E. The Company may from time to time enter into one or more interest
rate exchange, cap, collar, floor or other agreements with one or more of the
Lenders party to the Credit Agreement, or their affiliates, for the purpose of
hedging or otherwise protecting the Company against changes in interest rates
(the liability of the Company in respect of such agreements with such Lenders
and their affiliates being hereinafter referred to as the "Hedging Liability")
(the affiliates of the Lenders to which any Hedging Liability is owed, together
with the Lenders and the Agent, being collectively referred to herein as the
"Secured Creditors").
F. As a condition precedent to extending credit or otherwise making
financial accommodations available to the Company under the Credit Agreement,
the Lenders have required, among other things, that each Debtor grant to the
Agent for the benefit of the Secured Creditors a lien on and security interest
in certain personal property of such Debtor pursuant to this Agreement.

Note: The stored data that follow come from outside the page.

//! Specificities, which decide between declarations of equal importance and origin.

ghost use Rattle.std.specs.Prelude.{◌≡◌, true};
ghost use Rattle.std.specs.Ordering.{as_partial_cmp};
ghost use Rattle.std.proofs.Common.{rules};
ghost use Rattle.std.specs.Cmp.{partial_order_from_own_ties};
ghost use Rattle.std.specs.Cmp.Rules.{comparing};
ghost use Rattle.html_render_dom_styles.specs.Specificities.{no_specificity, specificity_cmp, specificity_sum};

use std::cmp::Ordering;
use std::ops::{Add, AddAssign};

/// The specificity of a declaration: Selectors Level 3, section 9.
///
/// A declaration in a `style` attribute (`inline`) has a greater specificity than any other. Otherwise the counts decide,
/// first `id`, then `class`, then `typ`.
#[derive(Clone, Copy, Debug, Default, PartialEq, Eq)]
pub struct Specificity {
    /// Whether the declaration is in the element's `style` attribute.
    pub inline: bool,
    /// Number of ids.
    pub id: u16,
    /// Number of classes.
    pub class: u16,
    /// Number of element names and pseudo-elements.
    pub typ: u16,
}

impl Specificity {
    /// Returns the specificity of a `style` attribute, with all counts 0.
    pub fn inline() -> Specificity
        ensures { result ≡ record no_specificity { inline = true } }
    {
        Specificity {
            inline: true,
            ..Specificity::default()
        }
    }

    /// Compares two specificities. The order is total.
    pub(super) fn order(self, other: Specificity) -> Ordering
        ensures { result ≡ specificity_cmp self other }
    {
        self.inline
            .cmp(&other.inline)
            .then(self.id.cmp(&other.id))
            .then(self.class.cmp(&other.class))
            .then(self.typ.cmp(&other.typ))
    }
}

impl PartialOrd for Specificity {
    ghost partial_cmp = { as_partial_cmp specificity_cmp };

    ghost laws = { partial_order_from_own_ties (Prim.search (comparing, rules) depth 9) (Prim.search (comparing, rules) depth 9) };

    fn partial_cmp(&self, other: &Specificity) -> Option<Ordering> {
        Some(self.order(*other))
    }
}

/// Adds each count, up to 65535. The sum is `inline` if one of the two is.
impl Add for Specificity {
    type Output = Specificity;

    ghost add_gives = { λ a b sum. sum ≡ specificity_sum a b };

    fn add(self, other: Specificity) -> Specificity {
        Specificity {
            inline: self.inline | other.inline,
            id: self.id.saturating_add(other.id),
            class: self.class.saturating_add(other.class),
            typ: self.typ.saturating_add(other.typ),
        }
    }
}

impl AddAssign for Specificity {
    ghost add_assign_gives = { λ a b sum. sum ≡ specificity_sum a b };

    fn add_assign(&mut self, other: Specificity) {
        *self = *self + other;
    }
}
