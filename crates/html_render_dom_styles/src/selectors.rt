//! The elements that a rule selects.

ghost use Rattle.std.specs.Prelude.{◌≡◌, ◌+◌, ◌^◌, ◌<◌, IfSome, length, position, option_copied, option_map, string_bytes};
ghost use Rattle.std.specs.List.{list_all, list_any, slice_split};
ghost use Rattle.std.specs.Char.{is_ascii_whitespace};
ghost use Rattle.std.specs.Str.{bytes_eq};
ghost use Rattle.html_render_dom_styles.specs.Rules.{rule_of};
ghost use Rattle.html_render_dom_styles.specs.Selectors.{has_class, matches_part, selects};

use crate::rules::StyleRule;

/// Reports whether a part of a rule isn't stated, or equals the value `has` of the element.
#[inline(always)]
fn matches_part(stated: &Option<String>, has: Option<&str>) -> bool
    ensures { result ≡ matches_part (option_map string_bytes stated.now) (option_copied has.entry) }
{
    match stated {
        None => true,
        Some(part) => match has {
            None => false,
            Some(value) => part.as_str() == value,
        },
    }
}

/// Returns the index of the first byte of ASCII white space; `None` if there is none.
fn first_white_space(text: &[u8]) -> Option<usize>
    ensures place { result ≡ position is_ascii_whitespace text.now }
    ensures within { IfSome result (λ place. place < length text.now) }
    ensures fits { IfSome result (λ place. place + 1 < 2 ^ 64) }
{
    text.iter().position(|byte| byte.is_ascii_whitespace())
}

/// Reports whether one of the parts of the text, split at each byte of ASCII white space, equals `part`.
#[tactic(auto, using(crate::proofs::Words::parts))]
fn has_part(text: &[u8], part: &[u8]) -> bool
    ensures { result ≡ list_any (bytes_eq part.now) (slice_split is_ascii_whitespace text.now) }
{
    let mut rest = text;
    while let Some(end) = first_white_space(rest) {
        if part == &rest[..end] {
            return true;
        }
        rest = &rest[end + 1..];
    }
    part == rest
}

/// Reports whether `class` is a word of the element's attribute `class`. An empty class never is.
#[inline]
#[tactic(auto, using(crate::proofs::Words::words_of))]
fn has_class(classes: Option<&str>, class: &str) -> bool
    ensures { result ≡ has_class (option_copied classes.entry) class.now }
{
    match classes {
        None => false,
        Some(classes) => !class.is_empty() && has_part(classes.as_bytes(), class.as_bytes()),
    }
}

/// Reports whether all wanted classes are words of the element's attribute `class`.
fn has_classes(classes: Option<&str>, wanted: &[String]) -> bool
    ensures { result ≡ list_all (λ class. has_class (option_copied classes.entry) (string_bytes class)) wanted.now }
{
    wanted
        .iter()
        .all(|class| has_class(classes, class.as_str()))
}

impl StyleRule {
    /// Reports whether the rule selects an element with this local name, id and text of its attribute `class`.
    #[inline(always)]
    #[tactic(auto, using(crate::proofs::Words::all_of))]
    pub fn selects(&self, name: &str, id: Option<&str>, classes: Option<&str>) -> bool
        ensures { result ≡ selects name.now (option_copied id.entry) (option_copied classes.entry) (rule_of self.now) }
    {
        matches_part(&self.element, Some(name))
            && matches_part(&self.id, id)
            && has_classes(classes, &self.classes)
    }
}
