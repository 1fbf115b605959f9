//! What units are paid, for energy and for reserve, what loads pay and limits earn at bus prices, and what a dispatch is worth.
#![tactic(auto)]

pub mod laws;
mod loads;
mod offers;
mod rents;
mod rows;
mod settling;
mod units;
mod worth;

pub use settling::{settle, settle_flows};
pub use worth::welfare;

G. The Company owns, directly or indirectly, all or substantially
all of the equity interests in each Debtor (other than the Company) and the
Company provides each Debtor with financial, management, administrative, and
technical support which enables such Debtor to conduct its business in an
orderly and efficient manner in the ordinary course.
H. Each Debtor will benefit, directly or indirectly, from credit and
other financial accommodations extended by the Secured Creditors to the Company.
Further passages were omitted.